Work required:
A single number is wanted: how many lines of the data include the string "specs".

Dataset items:

● ● ● ● ●

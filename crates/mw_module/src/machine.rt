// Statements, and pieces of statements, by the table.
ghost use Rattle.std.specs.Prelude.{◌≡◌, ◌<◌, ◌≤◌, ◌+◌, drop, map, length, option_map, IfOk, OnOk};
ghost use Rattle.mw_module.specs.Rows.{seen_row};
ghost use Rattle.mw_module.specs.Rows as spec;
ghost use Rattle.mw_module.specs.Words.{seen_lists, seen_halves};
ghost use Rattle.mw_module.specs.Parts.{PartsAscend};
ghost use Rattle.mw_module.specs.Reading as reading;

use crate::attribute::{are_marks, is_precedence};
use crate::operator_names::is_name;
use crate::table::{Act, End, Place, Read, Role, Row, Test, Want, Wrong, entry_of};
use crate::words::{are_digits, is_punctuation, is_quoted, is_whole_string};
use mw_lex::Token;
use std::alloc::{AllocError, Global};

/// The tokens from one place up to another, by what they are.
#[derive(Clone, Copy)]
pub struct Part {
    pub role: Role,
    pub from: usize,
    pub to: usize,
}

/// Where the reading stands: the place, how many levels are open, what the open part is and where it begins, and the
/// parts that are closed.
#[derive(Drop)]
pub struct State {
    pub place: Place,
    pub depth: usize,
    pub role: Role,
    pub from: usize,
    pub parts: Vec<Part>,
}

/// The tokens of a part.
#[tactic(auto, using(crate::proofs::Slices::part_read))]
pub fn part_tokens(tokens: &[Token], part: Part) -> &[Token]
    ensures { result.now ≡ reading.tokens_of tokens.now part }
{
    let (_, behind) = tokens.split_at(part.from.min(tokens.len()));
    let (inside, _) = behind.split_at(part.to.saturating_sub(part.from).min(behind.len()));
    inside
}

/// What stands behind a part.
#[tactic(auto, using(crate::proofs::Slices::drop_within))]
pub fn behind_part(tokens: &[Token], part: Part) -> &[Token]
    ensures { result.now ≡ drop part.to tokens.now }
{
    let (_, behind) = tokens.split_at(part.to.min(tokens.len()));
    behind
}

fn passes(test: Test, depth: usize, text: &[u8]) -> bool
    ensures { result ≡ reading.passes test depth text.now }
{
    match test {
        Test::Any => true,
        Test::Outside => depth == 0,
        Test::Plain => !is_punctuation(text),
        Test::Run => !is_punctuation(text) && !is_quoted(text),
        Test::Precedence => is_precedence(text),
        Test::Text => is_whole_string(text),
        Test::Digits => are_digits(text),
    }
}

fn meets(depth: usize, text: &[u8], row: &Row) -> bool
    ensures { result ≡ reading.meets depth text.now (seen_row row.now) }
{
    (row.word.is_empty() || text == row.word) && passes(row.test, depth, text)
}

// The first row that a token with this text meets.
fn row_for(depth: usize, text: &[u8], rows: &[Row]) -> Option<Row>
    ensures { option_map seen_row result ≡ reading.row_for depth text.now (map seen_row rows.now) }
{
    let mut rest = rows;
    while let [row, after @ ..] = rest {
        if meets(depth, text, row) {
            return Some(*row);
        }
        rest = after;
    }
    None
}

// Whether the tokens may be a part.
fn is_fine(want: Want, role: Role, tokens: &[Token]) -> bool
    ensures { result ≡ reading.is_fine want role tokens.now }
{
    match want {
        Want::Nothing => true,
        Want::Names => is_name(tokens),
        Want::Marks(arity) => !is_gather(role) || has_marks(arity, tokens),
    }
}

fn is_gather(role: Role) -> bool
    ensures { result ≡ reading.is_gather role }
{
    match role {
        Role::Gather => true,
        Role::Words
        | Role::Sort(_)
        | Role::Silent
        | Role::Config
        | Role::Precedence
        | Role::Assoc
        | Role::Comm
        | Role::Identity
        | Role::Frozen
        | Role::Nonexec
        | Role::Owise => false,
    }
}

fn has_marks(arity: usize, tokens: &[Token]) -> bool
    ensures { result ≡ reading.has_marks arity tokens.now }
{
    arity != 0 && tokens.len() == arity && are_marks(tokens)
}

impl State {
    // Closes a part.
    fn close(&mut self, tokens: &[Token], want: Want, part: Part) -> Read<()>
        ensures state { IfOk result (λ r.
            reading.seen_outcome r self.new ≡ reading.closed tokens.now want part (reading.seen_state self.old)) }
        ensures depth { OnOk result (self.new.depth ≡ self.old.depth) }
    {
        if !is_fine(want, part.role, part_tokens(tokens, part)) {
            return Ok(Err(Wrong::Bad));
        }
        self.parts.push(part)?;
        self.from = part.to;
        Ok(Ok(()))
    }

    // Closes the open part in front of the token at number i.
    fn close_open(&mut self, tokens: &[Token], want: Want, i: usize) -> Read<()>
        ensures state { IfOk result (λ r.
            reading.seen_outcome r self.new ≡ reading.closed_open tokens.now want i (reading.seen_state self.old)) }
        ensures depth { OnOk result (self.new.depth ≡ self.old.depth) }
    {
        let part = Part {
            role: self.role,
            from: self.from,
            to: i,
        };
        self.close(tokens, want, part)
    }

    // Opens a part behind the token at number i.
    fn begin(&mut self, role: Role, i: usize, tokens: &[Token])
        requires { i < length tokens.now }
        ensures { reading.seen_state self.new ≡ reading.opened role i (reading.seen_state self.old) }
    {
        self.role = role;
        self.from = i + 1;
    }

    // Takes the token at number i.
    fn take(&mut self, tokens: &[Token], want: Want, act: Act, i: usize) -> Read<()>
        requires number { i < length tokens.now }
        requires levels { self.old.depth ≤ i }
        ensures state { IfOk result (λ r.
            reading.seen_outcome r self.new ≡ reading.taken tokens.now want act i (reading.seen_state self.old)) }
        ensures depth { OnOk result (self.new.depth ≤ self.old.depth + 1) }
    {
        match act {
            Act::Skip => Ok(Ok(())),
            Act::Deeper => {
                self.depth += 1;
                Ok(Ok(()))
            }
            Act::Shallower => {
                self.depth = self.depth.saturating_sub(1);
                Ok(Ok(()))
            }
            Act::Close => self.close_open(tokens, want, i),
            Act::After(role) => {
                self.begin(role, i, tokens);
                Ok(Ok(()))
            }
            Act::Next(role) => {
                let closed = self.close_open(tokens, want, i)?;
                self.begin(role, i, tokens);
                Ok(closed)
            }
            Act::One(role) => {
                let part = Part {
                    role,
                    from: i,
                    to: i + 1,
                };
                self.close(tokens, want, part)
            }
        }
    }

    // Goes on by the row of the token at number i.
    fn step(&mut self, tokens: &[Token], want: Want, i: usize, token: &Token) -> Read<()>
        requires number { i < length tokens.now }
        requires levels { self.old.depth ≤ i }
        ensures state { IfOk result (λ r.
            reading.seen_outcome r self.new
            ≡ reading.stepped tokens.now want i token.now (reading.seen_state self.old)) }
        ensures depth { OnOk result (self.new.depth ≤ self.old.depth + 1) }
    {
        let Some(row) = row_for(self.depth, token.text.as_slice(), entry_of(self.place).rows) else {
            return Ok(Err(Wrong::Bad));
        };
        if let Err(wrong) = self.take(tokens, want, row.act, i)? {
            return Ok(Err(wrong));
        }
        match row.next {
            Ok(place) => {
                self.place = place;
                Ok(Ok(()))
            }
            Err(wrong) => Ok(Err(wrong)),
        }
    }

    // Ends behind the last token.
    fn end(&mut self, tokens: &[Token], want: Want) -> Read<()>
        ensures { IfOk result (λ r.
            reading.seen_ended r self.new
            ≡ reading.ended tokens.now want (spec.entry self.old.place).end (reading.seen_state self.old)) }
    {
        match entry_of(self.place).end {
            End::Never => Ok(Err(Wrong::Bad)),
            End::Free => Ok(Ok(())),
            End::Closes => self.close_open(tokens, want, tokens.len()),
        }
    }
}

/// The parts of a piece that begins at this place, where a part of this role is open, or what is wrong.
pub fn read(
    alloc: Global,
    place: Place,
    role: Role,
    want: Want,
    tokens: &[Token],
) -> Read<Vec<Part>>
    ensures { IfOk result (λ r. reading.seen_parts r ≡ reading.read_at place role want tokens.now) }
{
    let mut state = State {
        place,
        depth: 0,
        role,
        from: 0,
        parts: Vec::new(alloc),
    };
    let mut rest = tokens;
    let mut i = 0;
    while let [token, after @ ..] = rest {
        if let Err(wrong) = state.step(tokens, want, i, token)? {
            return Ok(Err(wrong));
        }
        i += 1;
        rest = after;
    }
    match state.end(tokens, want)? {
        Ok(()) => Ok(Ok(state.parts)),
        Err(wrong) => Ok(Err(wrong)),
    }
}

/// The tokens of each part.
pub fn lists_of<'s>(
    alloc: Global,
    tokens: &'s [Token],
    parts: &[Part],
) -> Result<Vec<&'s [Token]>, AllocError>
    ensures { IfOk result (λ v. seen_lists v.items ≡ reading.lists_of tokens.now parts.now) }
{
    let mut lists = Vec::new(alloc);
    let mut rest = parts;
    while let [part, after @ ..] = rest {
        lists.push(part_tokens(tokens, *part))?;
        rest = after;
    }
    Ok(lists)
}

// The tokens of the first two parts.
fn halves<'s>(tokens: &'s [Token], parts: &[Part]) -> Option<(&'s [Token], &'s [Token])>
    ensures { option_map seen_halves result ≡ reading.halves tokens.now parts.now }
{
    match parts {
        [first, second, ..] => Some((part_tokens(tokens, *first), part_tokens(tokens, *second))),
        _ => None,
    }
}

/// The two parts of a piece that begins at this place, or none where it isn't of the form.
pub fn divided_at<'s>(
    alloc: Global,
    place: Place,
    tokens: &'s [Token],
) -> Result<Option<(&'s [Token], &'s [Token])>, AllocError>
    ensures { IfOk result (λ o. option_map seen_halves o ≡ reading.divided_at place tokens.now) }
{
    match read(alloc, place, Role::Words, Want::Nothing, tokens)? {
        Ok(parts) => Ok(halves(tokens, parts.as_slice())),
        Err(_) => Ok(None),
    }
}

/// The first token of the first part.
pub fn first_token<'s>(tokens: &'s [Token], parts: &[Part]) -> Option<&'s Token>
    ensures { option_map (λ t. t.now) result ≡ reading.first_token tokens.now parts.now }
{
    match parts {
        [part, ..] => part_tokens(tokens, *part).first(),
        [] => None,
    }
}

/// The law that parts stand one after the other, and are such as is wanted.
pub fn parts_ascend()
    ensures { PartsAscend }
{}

● ● ● ● ●

Output for this exercise:
6